"Yang Mulia Harrison. Apa yang Anda lakukan di sini?" tanya sosok vampir dewasa sambil memberikan hormat yang diikuti oleh sepuluh orang pria di belakangnya.
"Bukankah itu kepala keamanan Kastel Haltz, Vero de Haltz!?" ucap para vampir penyerang menyadari siapa yang datang.
"Ah... rupanya kau, Vero. Hampir saja aku membunuhmu karena mengganggu waktu bermainku," jawab Rai seraya menoleh, membuatnya Vero yang melihatnya langsung gemetar.
Bagaimana tidak? Dia sangat tahu arti dari iris merah darah ini, aura membunuh ini, dan seringai yang menakutkan. Saat ini, Rai sedang benar-benar marah. Senyuman di wajahnya bukan senyuman yang hangat. Itu adalah senyuman kematian.
"Maafkan hamba, Yang Mulia," balas Vero membungkuk hormat diikuti oleh para prajuritnya yang juga terlihat gemetar.
"Aku jadi kehilangan selera untuk bermain," ujar Rai.
"Ck! Kenapa aku harus bertemu dengannya saat seperti ini," batin Vero menyadari nyawanya yang terancam.
"Bisa kau bereskan ini, Vero?" Rai menunjuk dua tubuh vampir tanpa kepala.
Vero mengangkat wajahnya, namun seketika ia langsung terkejut. "Ada apa ini Yang Mulia, kenapa ada...? Apa Anda diserang, Yang Mulia!?" tanyanya panik.
"Aku? Diserang? Yang benar saja," balasnya angkuh. "Anak ini yang diserang. Aku hanya sedang bermain," tambahnya seraya menunjuk ke arah Al.
Vero langsung mengedarkan pandangannya dan melihat sosok Albert dengan tubuh penuh luka-luka.
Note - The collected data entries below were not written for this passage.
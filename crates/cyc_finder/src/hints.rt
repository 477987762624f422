//! Where the slot of an id was last.

ghost use Rattle.std.specs.Prelude.{◌≤◌, length};

use crate::finder::{HINTS, hint_of};
use crate::slot::Slot;
use cyc_types::CyclicId;
use std::alloc::{AllocError, Global};

/// How many far hints there are, where there are any: enough that ids a few apart, of as many cyclics as a CPU has, mostly don't
/// share one.
const FAR: usize = 8192;

/// For the low bits of an id, with those above them added, where the slot of the last such one was: right or not, it says where
/// to look.
///
/// The near hints are few and stand in the hints themselves, so that a look at one needs no other read. Where more cyclics may be
/// here than they are, there are far hints too.
#[derive(Drop)]
pub(crate) struct Hints {
    near: [u16; HINTS],
    far: Vec<u16>,
}

/// A position as a hint has it.
#[inline(always)]
fn short(position: usize) -> u16 {
    (position % 65_536) as u16
}

/// Where the far hint of an id stands, as `hint_of` among the near ones.
#[inline(always)]
fn far_of(id: CyclicId) -> usize {
    let number = id.number();
    let hints = FAR as u64;
    (number.wrapping_add(number / hints) % hints) as usize
}

impl Hints {
    /// Near hints alone, in memory of their own, so that a finder that is moved copies little. By a call, so that what calls it
    /// has no room for them on its stack.
    #[cold]
    #[inline(never)]
    pub(crate) fn new(alloc: Global) -> Result<Box<Hints>, AllocError> {
        let hints = Box::new(
            alloc,
            Hints {
                near: [0; HINTS],
                far: Vec::new(alloc),
            },
        )?;
        Ok(hints)
    }

    /// As many hints as so many cyclics need, which stand in these slots.
    pub(crate) fn reserve(&mut self, slots: &[Slot], size: usize) -> Result<(), AllocError> {
        if size > HINTS && self.far.is_empty() {
            self.far.resize(FAR, 0)?;
            self.set_all(slots);
        }
        Ok(())
    }

    /// Where the slot of this id may be.
    #[inline(always)]
    pub(crate) fn near(&self, id: CyclicId) -> usize {
        usize::from(self.near[hint_of(id)])
    }

    /// Where it may be, where `near` was wrong: the first position where there are no far hints.
    #[inline(always)]
    pub(crate) fn far(&self, id: CyclicId) -> usize {
        match self.far.get(far_of(id)) {
            Some(position) => usize::from(*position),
            None => 0,
        }
    }

    /// The slot of this id is at this position.
    #[inline(always)]
    pub(crate) fn set(&mut self, id: CyclicId, position: usize) {
        self.near[hint_of(id)] = short(position);
        if !self.far.is_empty() {
            self.set_far(id, position);
        }
    }

    /// As `set`, of the far hint alone.
    fn set_far(&mut self, id: CyclicId, position: usize) {
        if let Some(hint) = self.far.get_mut(far_of(id)) {
            *hint = short(position);
        }
    }

    /// The slots from one position up to another are where they are: the first `HINTS` of them, since there are no more near
    /// hints.
    pub(crate) fn set_few(&mut self, slots: &[Slot], from: usize, to: usize)
        requires { to ≤ length slots.now }
    {
        for at in from..to.min(from.saturating_add(HINTS)) {
            self.set(slots[at].id(), at);
        }
    }

    /// All slots are where they are.
    pub(crate) fn set_all(&mut self, slots: &[Slot]) {
        for at in 0..slots.len() {
            self.set(slots[at].id(), at);
        }
    }
}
"Anak itu!" serunya. "Yang Mulia, jangan dekat-dekat dengan anak itu! Dia vampir hibrida! Dia menjijikkan! Dia aib bagi bangsa vampir! Yang Mulia harus membunuhnya! Vampir hibrida ini pantas ma—“
"Sshhh... kau banyak bicara," sela Rai yang kini sudah duduk di pundak Vero, dan menggoreskan kuku tajam miliknya ke lehernya.
"Berapa kali kau menyebutnya, hmm? Vampir... hibrida...?" tanya Rai sambil menggoreskan kuku miliknya lebih dalam.
"D-d-dua... kali," balas Vero gemetar.
Para prajurit yang melihatnya hanya bisa memejamkan mata dan mengalihkan pandangan. Ini benar-benar akhir bagi Vero. Vampir ini sudah lancang dan dia akan mati.
"Kau tahu benar siapa aku, tapi lancang sekali kau menyuruhku untuk membunuhnya," ucap Rai.
"Ini adalah kesalahanku, Yang Mulia. Aku bersalah," ucap Vero.
Rai langsung meloncat turun dan menghampiri Albert. "Tentu ini kesalahanmu. Memang kau kira ini kesalahan vampir kecil itu?" ujarnya menunjuk Al.
"Ingat baik-baik, Vero. Hanya aku yang boleh memanggilnya vampir hibrida, dan dia adalah milikku sekarang. Tidak ada yang boleh memerintahnya selain aku. Untuk kali ini, aku memaafkanmu," tambahnya.
Albert melihat Rai dengan wajah kebingungan. Dia menerka-nerka siapa sebenarnya vampir kecil di hadapannya ini. “Vampir kecil ini, dia sepertinya bukan vampir biasa,” batin Al.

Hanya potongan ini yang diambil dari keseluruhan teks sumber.